First, the HEALS Act does not include payments for ITIN filers, deliberately leaving those 69,000 Michigan families out of relief for a fourth straight time and cutting millions of dollars out of circulation in our economy. Second, HEALS provides no guarantees for free coronavirus testing and treatment, regardless of immigration status, leaving the door open for potential price gouging for lifesaving healthcare services that U.S.-born residents and immigrants alike will continue to seek. In addition, instead of securing immigrants’ safety and futures in this country (through the HEROES Act’s automatic extensions of temporary immigration status or work authorization), the HEALS Act includes over $1.5 billion in funding for Customs and Border Protection. 
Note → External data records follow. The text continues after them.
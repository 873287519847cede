// A page that the text of a book is written on: text by `write!`, and the book's numbers as their kind writes them.
ghost use Rattle.std.specs.Prelude.{◌≡◌, ◌++◌, IfOk, IfSome, OnOk};
ghost use Rattle.book_lines.specs.Lines.{number_text};
ghost use Rattle.book_lines.specs.Pages.{Adds};

use books::parts::number_at;
use kinds::number::Number;
use std::alloc::{AllocError, Global};
use std::fmt::Display;
use std::io::Write;

// What is written so far, and the book's numbers.
#[derive(Drop)]
pub(crate) struct Page<'a, K> {
    pub text: Vec<u8>,
    pub numbers: &'a [K],
    pub heap: Global,
}

impl<K: Number> Page<'_, K> {
    // What `write!` and `writeln!` call.
    pub(crate) fn write_fmt<D: Display + Drop>(&mut self, text: D) -> Result<(), AllocError>
        ensures { OnOk result (IfSome (D.output text) (Adds self.old self.new)) }
    {
        // nothing but memory can be short, since the page is memory
        Write::write_fmt(&mut self.text, text).map_err(|_| AllocError)
    }

    // These words, and then number i of the book.
    pub(crate) fn write_number(&mut self, words: &str, i: u16) -> Result<(), AllocError>
        ensures { OnOk result (Adds self.old self.new (words.now ++ number_text K.Number.kind self.old.numbers.now i)) }
    {
        let number = number_at(self.numbers, usize::from(i));
        let token = token_of(number, self.heap)?;
        write!(self, "{words}")?;
        self.text.extend_from_slice(token.as_slice())
    }
}

// The token of a number.
fn token_of<K: Number>(number: K, heap: Global) -> Result<Vec<u8>, AllocError>
    ensures { IfOk result (λ token. token.items ≡ K.Number.kind.written number) }
{
    let mut token = vec![in heap; 0_u8; number.token_length()]?;
    let _ = number.write(token.as_mut_slice());
    Ok(token)
}
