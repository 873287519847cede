// The text by which a planner reads a cleared book.
#![tactic(auto)]

pub mod lines;
mod page;
mod words;
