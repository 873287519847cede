// The words of a row: its operator, a type, a range.
ghost use Rattle.std.specs.Prelude.{◌≡◌, Some};
ghost use Rattle.book_lines.specs.Lines.{type_word, operator_word, range_text};

use rules::row::{Range, Row, ValueType};
use std::fmt;

// The name of a type. A function, and no `Display`, here and below: the types are of another crate.
pub(crate) fn type_word(of: ValueType) -> &'static str
    ensures { result.now ≡ type_word of }
{
    match of {
        ValueType::Null => "null",
        ValueType::Boolean => "boolean",
        ValueType::Number => "number",
        ValueType::Text => "text",
        ValueType::List => "list",
        ValueType::Object => "object",
    }
}

// The name of a row's operator.
pub(crate) fn operator_word(row: Row) -> &'static str
    ensures { result.now ≡ operator_word row }
{
    match row {
        Row::True => "true",
        Row::False => "false",
        Row::OfType(_) => "type",
        Row::BooleanIs(_) => "boolean-is",
        Row::Pattern(_) => "pattern",
        Row::NotPattern(_) => "not-pattern",
        Row::Length(_) => "length",
        Row::Between(_) => "between",
        Row::StrictlyBetween(_) => "strictly-between",
        Row::Multiple(_) => "multiple",
        Row::NotMultiple(_) => "not-multiple",
        Row::EveryMember(_, _) => "every-member",
        Row::SomeMember(_, _) => "some-member",
        Row::Members(_) => "members",
        Row::EveryElement(_) => "every-element",
        Row::SomeElement(_) => "some-element",
        Row::Count(_, _) => "count",
        Row::And(_, _) => "and",
        Row::Or(_, _) => "or",
        Row::Not(_) => "not",
        Row::Variable(_) => "variable",
    }
}

// A range of counts, as it is printed: `1 to 8`, or `from 1`.
#[derive(Clone, Copy)]
pub(crate) struct Ends(pub Range);

impl fmt::Display for Ends {
    ghost output = { λ ends. Some (range_text ends.0) };

    fn fmt<W: fmt::Write>(&self, f: &mut fmt::Formatter<W>) -> fmt::Result {
        let Range { lower, upper } = self.0;
        match upper {
            Some(upper) => write!(f, "{lower} to {upper}"),
            None => write!(f, "from {lower}"),
        }
    }
}
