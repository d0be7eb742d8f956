// The arbiter's state in the first twelve bytes of a lent slice: seen as plain numbers, and written from them.
#![tactic(auto)]

ghost use Rattle.std.specs.Prelude.{◌≡◌, true, false, ◌%◌, ◌/◌, ◌≤◌, ◌<◌, length, MatchOption};
ghost use Rattle.rules.specs.State.{WellFormed};
ghost use Rattle.buses.specs.Buses.{phase_from, phase_number, state_from, Fit};
ghost use Rattle.hosting.specs.Bytes.{phase_byte, left_byte, phase_of};
ghost use Rattle.hosting.specs.Calls.{state_stored};
ghost use Rattle.octets.specs.Octets.{small as small_of, place_of, fitting, sound_in, Holds};

use buses::Bus;

// A state of n masters, in plain numbers.
#[derive(Clone, Copy)]
pub struct Held {
    pub n: u32,
    pub bus: Bus,
}

// HMASTLOCK, GRANTED, the phase and k are read as one number v, in which each has a byte: whether they are below 2, 2, 4 and 4.
fn small(v: u32) -> bool
    ensures { result ≡ small_of v }
{
    v == v % 2 + v / 0x100 % 2 * 0x100 + v / 0x10000 % 4 * 0x10000 + v / 0x1000000 % 4 * 0x1000000
}

// Where they are, the place that they have among 64.
fn place(v: u32) -> u64
    ensures { (result < 64) × (small_of v ≡ true → result ≡ place_of v) }
{
    v as u64 * 0x1020410 / 0x1000000 % 64
}

// Whether a well-formed state may have them there: a bit for each place.
// Stays: one number of 64 bits, since an array of 64 flags is longer and no plainer.
fn fits(i: u64) -> bool
    requires { i < 64 }
    ensures { result ≡ fitting (i % 2) (i / 2 % 2) (i / 4 % 4) (i / 16) }
{
    let table: u64 = 0x3000300030f20f;
    (table >> i) % 2 == 1
}

// The number of the phase there: a hex digit for each phase and k.
// Stays: one number, since an array of sixteen costs the step with numbers 234 instructions a call in place of 171.
fn phase(i: u64) -> u32
    requires { i < 64 }
    ensures { (result ≡ phase_number (phase_of (i / 4 % 4) (i / 16))) × (result ≤ 5) }
{
    let table: u64 = 0x435042504150405;
    ((table >> (i / 4 * 4)) % 8) as u32
}

// The state that the first twelve bytes hold, if they are those of a well-formed one.
pub fn see(b: &[u8]) -> Option<Held>
    requires { 12 ≤ length b.now }
    ensures { MatchOption result (sound_in b.now ≡ false) (λ h. Holds b.now h) }
{
    let n = b[0].into();
    let g = b[1].into();
    let m = b[2].into();
    let v = words::four(&b[3..]);
    let count = words::four(&b[8..]);
    let i = place(v);
    let granted = v / 0x100 % 2;
    let right = fits(i) & small(v) & (b[7] == 0);
    let ranged = (2 <= n)
        & (n <= 16)
        & (g < n)
        & (m < n)
        & ((granted == 1) | (g == m))
        & (count <= 1000000);
    if !(right & ranged) {
        return None;
    }
    let bus = Bus {
        g,
        m,
        hmastlock: v % 2,
        granted,
        phase: phase(i),
        count,
    };
    Some(Held { n, bus })
}

// The byte of the phase with the number k, and the byte of its ready cycles to come.
fn phase_byte(k: u32) -> u8
    requires { k ≤ 5 }
    ensures { result ≡ phase_byte (phase_from k) }
{
    let bytes = [3, 1, 1, 1, 2, 0];
    bytes[k as usize]
}

fn left_byte(k: u32) -> u8
    requires { k ≤ 5 }
    ensures { result ≡ left_byte (phase_from k) }
{
    let bytes = [0, 1, 2, 3, 0, 0];
    bytes[k as usize]
}

// Writes the bytes of a state.
pub fn put(s: Held, b: &mut [u8])
    requires { WellFormed (state_from s.n s.bus) × Fit s.bus × (12 ≤ length b.old) }
    ensures { b.new ≡ state_stored (state_from s.n s.bus) b.old }
{
    let bus = s.bus;
    let [first, second, third, fourth] = bus.count.to_le_bytes();
    *b.first_chunk_mut().unwrap() = [
        s.n as u8,
        bus.g as u8,
        bus.m as u8,
        bus.hmastlock as u8,
        bus.granted as u8,
        phase_byte(bus.phase),
        left_byte(bus.phase),
        0,
        first,
        second,
        third,
        fourth,
    ];
}
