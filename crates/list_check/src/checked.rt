// A tile list that is known to pass its checks.
ghost use Rattle.std.specs.Prelude.{◌≡◌, length};
ghost use Rattle.refusal.specs.Refusal.{accepted};
ghost use Rattle.list_check.specs.ListCheck.{list_check};

// The words of a list, one behind the other, that is checked: a linear quadtree of a bed of an order.
#[derive(Clone, Copy)]
pub struct Quadtree<'a> {
    pub order: u32,
    pub words: &'a [u32],
    pub ghost passes: { list_check order (length words.now) words.now ≡ accepted },
}
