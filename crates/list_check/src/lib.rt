// List checking word by word, which keeps where the last tile ends and the words of the last three. A list's first
// words are checked so; list_flat, which is faster and does not say what is wrong, then tells how far the words are
// clear, and those behind are checked word by word again.
#![tactic(auto)]

ghost use Rattle.std.specs.Prelude.{◌≡◌, List, [], ℕ, ◌≤◌, length, take, IfOk, MatchResult};
ghost use Rattle.basics.specs.Test.{Test};
ghost use Rattle.refusal.specs.Refusal.{accepted};
ghost use Rattle.refusal.specs.Refused.{number, said};
ghost use Rattle.tile.specs.declared.Tile.{Tile};
ghost use Rattle.tile.specs.Tile.{tile_of, highest_order};
ghost use Rattle.quadtree.specs.Valid.{Sound};
ghost use Rattle.list_check.specs.ListCheck.{last_of_four, ended, sound_check, words_check, list_check};
ghost use Rattle.list_check.specs.Pass.{Knows, Judges, Going, seen_at, FrontPasses, head, Begun};

mod checked;

pub use checked::Quadtree;
use refusal::{Checked, Refusal};

// How many words are in a list's head, which is checked in place. The compiler unrolls a loop of so many, and of no
// more.
pub const HEAD: usize = 8;

// A list of fewer tiles is checked word by word to its end: the flat pass would gain little.
const FEW: usize = 16;

// What the pass keeps of the tiles ahead: where the last one ends, and the words of the last three, which are 0 where
// there is none.
#[derive(Clone, Copy, Debug, PartialEq, Eq)]
pub struct Ahead {
    pub stop: u32,
    pub first: u32,
    pub second: u32,
    pub third: u32,
}

impl Ahead {
    // Nothing is ahead of the first word.
    pub fn start() -> Ahead
        ensures { Knows result [] }
    {
        Ahead {
            stop: 0,
            first: 0,
            second: 0,
            third: 0,
        }
    }

    // What is ahead of the word at i: the three words in front of it.
    fn of(words: &[u32], i: usize) -> Ahead
        requires { (3 ≤ i) × (i ≤ length words.now) }
        ensures { (n : ℕ) → FrontPasses n words.now i → Knows result (seen_at words.now i) }
    {
        let third = words[i - 1];
        Ahead {
            stop: tile::stop(third),
            first: words[i - 3],
            second: words[i - 2],
            third,
        }
    }

    // The word behind the tiles that `self` tells of: one step of the pass, also for a reader that has no list yet. It
    // answers what is ahead of the next word.
    pub fn step(self, order: u32, word: u32) -> Result<Ahead, Refusal>
        requires { order ≤ highest_order }
        ensures { (seen : List Tile) → Knows self seen → Judges order seen word result }
    {
        sound(order, self.stop, word)?;
        if self.last_of_four(word) {
            return Err(Refusal::SiblingsUnmerged);
        }
        Ok(Ahead {
            stop: tile::stop(word),
            first: self.second,
            second: self.third,
            third: word,
        })
    }

    // Whether a sound word is the last of four siblings, of which the three words ahead are the others: they differ in
    // nothing but the corner, and there by less than their block.
    fn last_of_four(self, word: u32) -> bool
        ensures { (n : ℕ) (seen : List Tile) → Knows self seen → Sound n (ended seen) (tile_of word) →
            result ≡ last_of_four seen (tile_of word) }
    {
        let apart = (self.first ^ self.second) | (self.first ^ self.third) | (self.first ^ word);
        if tile::account(apart) != 0 {
            return false;
        }
        if tile::size(apart) != 0 {
            return false;
        }
        tile::corner(apart) / 4 < tile::area(tile::size(word))
    }
}

// Whether the word breaks none of checks 11 to 15, where the tile ahead of it ends at `stop`. A tile that ends on the
// bed is no larger than it and starts there, and a word with a high bit set has no such tile.
fn plain(order: u32, stop: u32, word: u32) -> bool
    requires { order ≤ highest_order }
    ensures { Test (sound_check order stop word ≡ accepted) result }
{
    let corner = tile::corner(word);
    let area = tile::area(tile::size(word));
    if tile::area(order) < corner + area {
        return false;
    }
    let over = corner % area;
    if over != 0 {
        return false;
    }
    let account = tile::account(word);
    if account == 0 {
        return false;
    }
    stop <= corner
}

// The first of checks 11 to 15 that the word breaks, where it breaks one of them, wherever the tile ahead of it ends.
// Sizes are compared by area, which `plain` has computed too, so that the compiler computes it once.
fn broken(order: u32, word: u32) -> Refusal
    requires { order ≤ highest_order }
    ensures { (lo : ℕ) → (sound_check order lo word ≡ accepted → ⊥) → number result ≡ sound_check order lo word }
{
    if tile::WORD_LIMIT <= word {
        return Refusal::HighBitsSet;
    }
    let area = tile::area(tile::size(word));
    let limit = tile::area(order);
    if limit < area {
        return Refusal::SizeAboveOrder;
    }
    let corner = tile::corner(word);
    if limit <= corner {
        return Refusal::CornerInvalid;
    }
    if corner % area != 0 {
        return Refusal::CornerInvalid;
    }
    if tile::account(word) == 0 {
        return Refusal::AccountZero;
    }
    Refusal::TilesOverlap
}

// The first of checks 11 to 15 that the word breaks, where the tile ahead of it ends at `stop`.
fn sound(order: u32, stop: u32, word: u32) -> Checked
    requires { order ≤ highest_order }
    ensures { said result ≡ sound_check order stop word }
{
    if plain(order, stop, word) {
        return Ok(());
    }
    Err(broken(order, word))
}

// Of the words the first, `most` of them at most, in turn, behind the tiles that `begin` tells of. They are counted
// here: over a shorter slice, or over an index, the check of a single tile took longer (docs/DECISIONS.md, A19).
fn exact(order: u32, begin: Ahead, words: &[u32], most: usize) -> Checked
    requires { order ≤ highest_order }
    ensures { (x : ℕ) → Going order (take most words.now) x 0 begin → said result ≡ x }
{
    let mut ahead = begin;
    for word in words.iter().take(most) {
        ahead = ahead.step(order, *word)?;
    }
    Ok(())
}

// How many words of a list pass, as far as the flat pass tells, where the head does.
fn flat_upto(order: u32, words: &[u32]) -> usize
    requires { (order ≤ highest_order) × (head ≤ length words.now) × FrontPasses order words.now head }
    ensures { (head ≤ result) × (result ≤ length words.now) × FrontPasses order words.now result }
{
    let tiles = words.len();
    if tiles < FEW {
        return HEAD;
    }
    let clear = list_flat::flat(
        order,
        HEAD - list_flat::BEHIND,
        tiles - list_flat::BEHIND,
        words,
    );
    clear.max(HEAD)
}

// Checks 1 and 2: the words of a list, where its order is a bed's and its count is not above the slots.
fn words_of(order: u32, tiles: usize, slots: &[u32]) -> Result<&[u32], Refusal>
    ensures { MatchResult result
        (λ words. (order ≤ highest_order) × (tiles ≤ length slots.now) × (words.now ≡ take tiles slots.now))
        (λ refusal. number refusal ≡ list_check order tiles slots.now) }
{
    if tile::HIGHEST_ORDER < order {
        return Err(Refusal::OrderTooLarge);
    }
    if slots.len() < tiles {
        return Err(Refusal::CountAboveSlots);
    }
    Ok(&slots[..tiles])
}

// Checks 1 and 2, and those of the head: part of its callers, so that short lists, and long ones that are refused near
// the front, are spared a call.
#[inline(always)]
pub fn check_head(order: u32, tiles: usize, slots: &[u32]) -> Checked
    ensures { Begun order tiles slots.now (said result) }
{
    let words = words_of(order, tiles, slots)?;
    exact(order, Ahead::start(), words, HEAD)
}

// The checks of the head of a list, unless `known` says that all its words pass.
fn check_unknown(order: u32, known: usize, words: &[u32]) -> Checked
    requires { (order ≤ highest_order) × (known ≤ length words.now) × FrontPasses order words.now known }
    ensures { Begun order (length words.now) words.now (said result) }
{
    if HEAD <= known {
        return Ok(());
    }
    check_head(order, words.len(), words)
}

// The words of a list, of which the first `known` are known to pass. Callers make the slice for it, which is faster
// than to hand one on, and the hint keeps it out of the way of short lists: docs/DECISIONS.md, A19.
#[inline(never)]
pub fn check_words(order: u32, known: usize, words: &[u32]) -> Checked
    requires { (order ≤ highest_order) × (known ≤ length words.now) × FrontPasses order words.now known }
    ensures { said result ≡ words_check order [] words.now }
{
    check_unknown(order, known, words)?;
    if words.len() <= HEAD {
        return Ok(());
    }
    let i = flat_upto(order, words);
    let rest = &words[i..];
    exact(order, Ahead::of(words, i), rest, rest.len())
}

// The offered call: checks a list of an order, its tile count and its slots, and answers the first refusal, or the
// list.
pub fn check(order: u32, tiles: usize, slots: &[u32]) -> Result<Quadtree<'_>, Refusal>
    ensures number { said result ≡ list_check order tiles slots.now }
    ensures tree { IfOk result (λ q. (q.order ≡ order) × (q.words.now ≡ take tiles slots.now)) }
{
    let words = words_of(order, tiles, slots)?;
    check_words(order, 0, words)?;
    Ok(Quadtree { order, words })
}

// The same, with the first words checked in place, where a call would cost more: docs/DECISIONS.md, A19.
#[inline(always)]
pub fn check_in_place(order: u32, tiles: usize, slots: &[u32]) -> Result<Quadtree<'_>, Refusal>
    ensures number { said result ≡ list_check order tiles slots.now }
    ensures tree { IfOk result (λ q. (q.order ≡ order) × (q.words.now ≡ take tiles slots.now)) }
{
    check_head(order, tiles, slots)?;
    let words = &slots[..tiles];
    if tiles <= HEAD {
        return Ok(Quadtree { order, words });
    }
    check_words(order, HEAD, words)?;
    Ok(Quadtree { order, words })
}
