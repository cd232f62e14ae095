// Orders written, read and spread.
use crate::demands::{is_front, print_length, print_list};
use crate::entries;
use crate::readings::reading;
use cases::{DEMANDS, field, tariff_of, trace};
use order_file::{spread, trace_part, write_order};
use samples::demands::LENT_DEMAND;
use samples::file_bytes::{LENT, LENT_BYTES, front, lent_front};
use samples::lent_records::ENTRIES;
use samples::tariffs::printed_case;
use terms::Tariff;

// An order written into so many bytes.
pub fn write_case(rt: &impl Print, line: &[u8]) {
    let mut room = [0u16; DEMANDS];
    let trace = trace(field(line, 2), &mut room);
    write(
        rt,
        tariff_of(field(line, 1)),
        trace,
        entries(field(line, 3)),
    );
}

fn write(rt: &impl Print, tariff: Tariff, trace: &[u16], lent: usize) {
    let mut bytes = [LENT; LENT_BYTES];
    let answer = write_order(tariff, trace, lent_front(&mut bytes, lent));
    print_length(rt, trace);
    report::words(rt, b" at");
    report::tariff(rt, tariff);
    report::figure(rt, b" into", lent as u64);
    report::words(rt, b":");
    report::written(rt, answer, &bytes);
}

// An order in three lines: written, its file read, and its trace's part spread.
pub fn file_case(rt: &impl Print, line: &[u8]) {
    let mut room = [0u16; DEMANDS];
    let trace = trace(field(line, 1), &mut room);
    file(rt, trace, entries(field(line, 2)));
}

fn file(rt: &impl Print, trace: &[u16], length: usize) {
    let bytes = written(rt, trace);
    cut(rt, bytes, length);
    spread_back(rt, bytes, length, trace);
}

pub fn written(rt: &impl Print, trace: &[u16]) -> [u8; LENT_BYTES] {
    let mut bytes = [LENT; LENT_BYTES];
    let answer = write_order(printed_case(), trace, &mut bytes);
    print_length(rt, trace);
    report::words(rt, b" written:");
    report::written(rt, answer, &bytes);
    bytes
}

pub fn cut(rt: &impl Print, bytes: [u8; LENT_BYTES], length: usize) {
    reading(rt, front(&bytes, length));
}

fn spread_back(rt: &impl Print, bytes: [u8; LENT_BYTES], length: usize, trace: &[u16]) {
    let mut list = [LENT_DEMAND; ENTRIES];
    let answer = spread(trace_part(front(&bytes, length)), &mut list);
    if is_front(trace, &list) {
        report::words(rt, b"spread as written:");
    } else {
        report::words(rt, b"spread otherwise:");
    }
    print_list(rt, answer, &list);
}
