// The lines of a plan's runs, stored in a text. Public only for this crate's calls, which show what is
// required.
ghost use Rattle.std.specs.Prelude.{◌+◌, ◌≤◌, ◌≡◌, length};
ghost use Rattle.terms.specs.RangeRules.{FreshRange, PeriodsRange};
ghost use Rattle.bucket.specs.Trial.{trial_figures};
ghost use Rattle.text.specs.PutLaws.{Puts};
ghost use Rattle.sheets.specs.Sheet.{run_line, run_lines};
ghost use Rattle.sheets.specs.RunLaws.{Printable};

use bucket::trial;
use terms::{Bucket, BucketRecord, Factor};
use text::lines::put_bucket_line;

// The spare of a fresh bucket on a run.
fn spare_of(bucket: Bucket, factor: Factor, run: &[u16]) -> i64
    requires fresh_range { FreshRange bucket factor }
    requires periods_range { PeriodsRange (length run.now) }
    ensures { result ≡ (trial_figures bucket factor run.now).spare }
{
    trial(bucket, factor, run).map_or(0, |figures| figures.spare)
}

// Stores the line of a run that begins at period `first`.
fn put_run(
    text: &mut [u8],
    at: usize,
    factor: Factor,
    first: u32,
    bucket: Bucket,
    run: &[u16],
) -> usize
    requires fresh_range { FreshRange bucket factor }
    requires periods_range { PeriodsRange (length run.now) }
    requires first_bound { first ≤ 512 }
    requires run_in_bounds { at + length (run_line factor first bucket run.now) ≤ length text.old }
    ensures { Puts text.old at (run_line factor first bucket run.now) text.new result }
{
    let spare = spare_of(bucket, factor, run);
    let last = first + run.len() as u32 - 1;
    put_bucket_line(text, at, first, last, bucket, spare)
}

// Stores the lines of a plan's runs.
pub fn put_runs(
    text: &mut [u8],
    at: usize,
    factor: Factor,
    trace: &[u16],
    records: &[BucketRecord],
) -> usize
    requires printable { Printable factor trace.now records.now }
    requires records_in_bounds { at + length (run_lines factor 1 trace.now records.now) ≤ length text.old }
    ensures { Puts text.old at (run_lines factor 1 trace.now records.now) text.new result }
{
    let mut next = at;
    let mut first: u32 = 1;
    let mut rest = trace;
    for &x in records {
        let (run, later) = rest.split_at(x.periods as usize);
        next = put_run(text, next, factor, first, x.bucket, run);
        first += x.periods;
        rest = later;
    }
    next
}
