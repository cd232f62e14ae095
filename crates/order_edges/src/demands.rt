// Demands printed: of a trace, and of the list that spreading has filled.
use samples::demands::are_lent;
use samples::file_bytes::summed;
use samples::lent_records::ENTRIES;
use terms::Refusal;

// How many demands there are, and the first.
pub fn print_length(rt: &impl Print, trace: &[u16]) {
    report::words(rt, b"trace of");
    report::number(rt, trace.len() as u64);
    if let Some(&first) = trace.first() {
        report::words(rt, b" from");
        print_demand(rt, first);
    }
}

pub fn print_demand(rt: &impl Print, d: u16) {
    report::number(rt, d as u64);
}

// How many demands were filled and their checksum, or the refusal; then whether every entry after
// those filled is as it was lent.
pub fn print_list(rt: &impl Print, answer: Result<usize, Refusal>, list: &[u16; ENTRIES]) {
    let count = report::filled_of(answer);
    report::fill(rt, answer);
    if 0 < count {
        report::words(rt, b" checksum");
        report::number(rt, checksum(list, count) as u64);
    }
    report::kept(rt, are_lent(list, count));
}

// A number that each of the first demands and its place enter.
fn checksum(list: &[u16; ENTRIES], count: usize) -> u32 {
    list.iter()
        .take(count)
        .fold(0, |sum, &demand| summed(sum, demand))
}

// Whether the trace stands at the front of the list.
pub fn is_front(trace: &[u16], list: &[u16; ENTRIES]) -> bool {
    list.starts_with(trace)
}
Without a federal relief bill that includes the necessary health and economic stimulus funding to support U.S.-born and immigrant families alike, their struggles will only worsen, harming our communities and economy. In Michigan, Sens. Debbie Stabenow and Gary Peters know how necessary the HEROES Act’s inclusive policies are to protecting the health and well-being of all Michigan families, and we must continue to call on them to ensure key provisions in the HEROES Act remain on the negotiating table in the Senate.